The possibility that hackers could take control of a motor vehicle remotely has pushed several federal agencies to issue a joint warning on the danger. The agencies cited the recent success of security researchers to remotely initiate several actions on a moving car
, such as shutting the engine down, disabling the brakes, and affecting the steering.
The agencies behind the warning are the Federal Bureau of Investigation, the U.S. Department of Transportation and the National Highway Traffic Safety Administration. “Modern motor vehicles often include new connected vehicle technologies that aim to provide benefits such as added safety features, improved fuel economy, and greater overall convenience,” the FBI said yesterday in a statement. “However, with this increased connectivity, it is important that consumers and manufacturers maintain awareness of potential cybersecurity threats.”
Increased Connectivity Means Increased Risk
The FBI noted that while not all hacking incidents necessarily put the safety of passengers at risk, consumers and manufacturers should nevertheless be aware that cybersecurity threats now extend into the realm of vehicle information technologies.
Modern vehicles contain an increasing number of computers and other components connected to the Internet. Some of them, such as keyless entry devices, ignition control, and tire pressure monitoring also have wireless access. Although manufacturers do make an effort to limit the interaction between these systems, the level of connectivity present in modern vehicles provides a way for hackers to remotely attack the controls and systems of these vehicles.
And the problem isn’t just limited to the actual vehicle. The FBI warned that third-party devices that connect to vehicles, such as through diagnostics ports, could also introduce new vulnerabilities. In particular, the feds warned that functions within mobile devices such as mobile phones, tablets, or other third-party devices could allow a cybercriminal to gain remote access to a car’s controller network or the data stored on the vehicle.
“Although vulnerabilities may not always result in an attacker being able to access all parts of the system, the safety risk to consumers could increase significantly if the access involves the ability to manipulate critical vehicle control systems;” the FBI said.
Hacking the API
Just last month, security researchers demonstrated that they were able to exploit a flaw in the API used by the Nissan Leaf for its iOS and Android apps to remotely gain access to a vehicle’s climate controls and the data about recent trips.
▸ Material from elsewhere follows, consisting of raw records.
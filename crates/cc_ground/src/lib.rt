//! Grounding: the laws of ground constants that base laws stand for, one for each instance, and the same of a query. Which
//! these are is said in cc_defs: `specs/Environments.antt` has the instances, `specs/Nodes.antt` the terms of formulas and
//! `specs/GroundLaws.antt` the ground laws. That they mean what they stand for are laws of cc_arena.
#![tactic(auto)]

mod bindings;
mod choosing;
mod conditions;
mod counting;
mod counts;
mod heads;
mod instances;
mod judged;
mod maker;
mod outermost;
mod pairs;
mod pieces;
mod queries;
mod sides;
mod sums;
pub mod theorems;
mod values;

pub use counts::{count_choices, count_instances};
pub use instances::{ground, ground_within};
pub use queries::ground_query;
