//! How many lists of values grounding walks, for who grounds the laws of one description in parts.
ghost use Rattle.std.specs.Prelude.{◌≡◌, List as Items, min, map, IfOk};
ghost use Rattle.cc_defs.specs.Declarations.{Declaration};
ghost use Rattle.cc_defs.specs.Resolved.{plain_base_law};
ghost use Rattle.cc_defs.specs.Universe.{universe};
ghost use Rattle.cc_ground.specs.Counting.{choices_of_all, instances_of_all};
ghost use Rattle.cc_sorts.specs.Tables.{IsTable, IsSignatureFor, IsSignatureOf};

use crate::choosing::choices_of_laws;
use crate::counting::count_all;
use crate::pairs::boolean_actions_of;
use cc_defs::{BaseLaws, OutOfMemory, Sig};
use cc_sorts::Table;
use std::alloc::Global;

/// How many instances base laws have before their tests, counted up to one more than the limit, 1,000,001.
pub fn count_instances(
    alloc: Global,
    table: &Table,
    sig: &Sig,
    laws: &BaseLaws,
) -> Result<usize, OutOfMemory>
    requires { IsSignatureFor table.now sig.now }
    ensures { (declarations : Items Declaration) → IsTable table.now declarations →
        IsSignatureOf declarations sig.now → IfOk result (λ count. count ≡ min
        (instances_of_all (universe declarations) (map plain_base_law laws.now)) 1000001) }
{
    let actions = boolean_actions_of(alloc, table, sig)?;
    Ok(count_all(table, sig, &actions, laws.items()))
}

/// How many lists of values are walked for the equations with sums and the comparisons of base laws, counted up to one more than
/// the limit, 16,000,001.
pub fn count_choices(
    alloc: Global,
    table: &Table,
    sig: &Sig,
    laws: &BaseLaws,
) -> Result<usize, OutOfMemory>
    requires { IsSignatureFor table.now sig.now }
    ensures { (declarations : Items Declaration) → IsTable table.now declarations →
        IsSignatureOf declarations sig.now → IfOk result (λ count. count ≡ min
        (choices_of_all (universe declarations) (map plain_base_law laws.now)) 16000001) }
{
    choices_of_laws(alloc, table, sig, laws.items())
}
While not life threatening, a hacker could use the exploit to drain the vehicle’s battery while it’s parked or learn other facts about the driver based on the car's travel history.
Last year, another team of researchers identified a number of vulnerabilities in the radio module of the 2014 Jeep Grand Cherokee. The researchers were able to gain remote access to some of the vehicle’s critical functions, such as steering and braking, leading to potentially life-threatening situations.
The security vulnerabilities were enough to force a 1.4 million vehicle recall. “The number of vehicles that were vulnerable were in the hundreds of thousands,” the researchers said in a white paper published in August.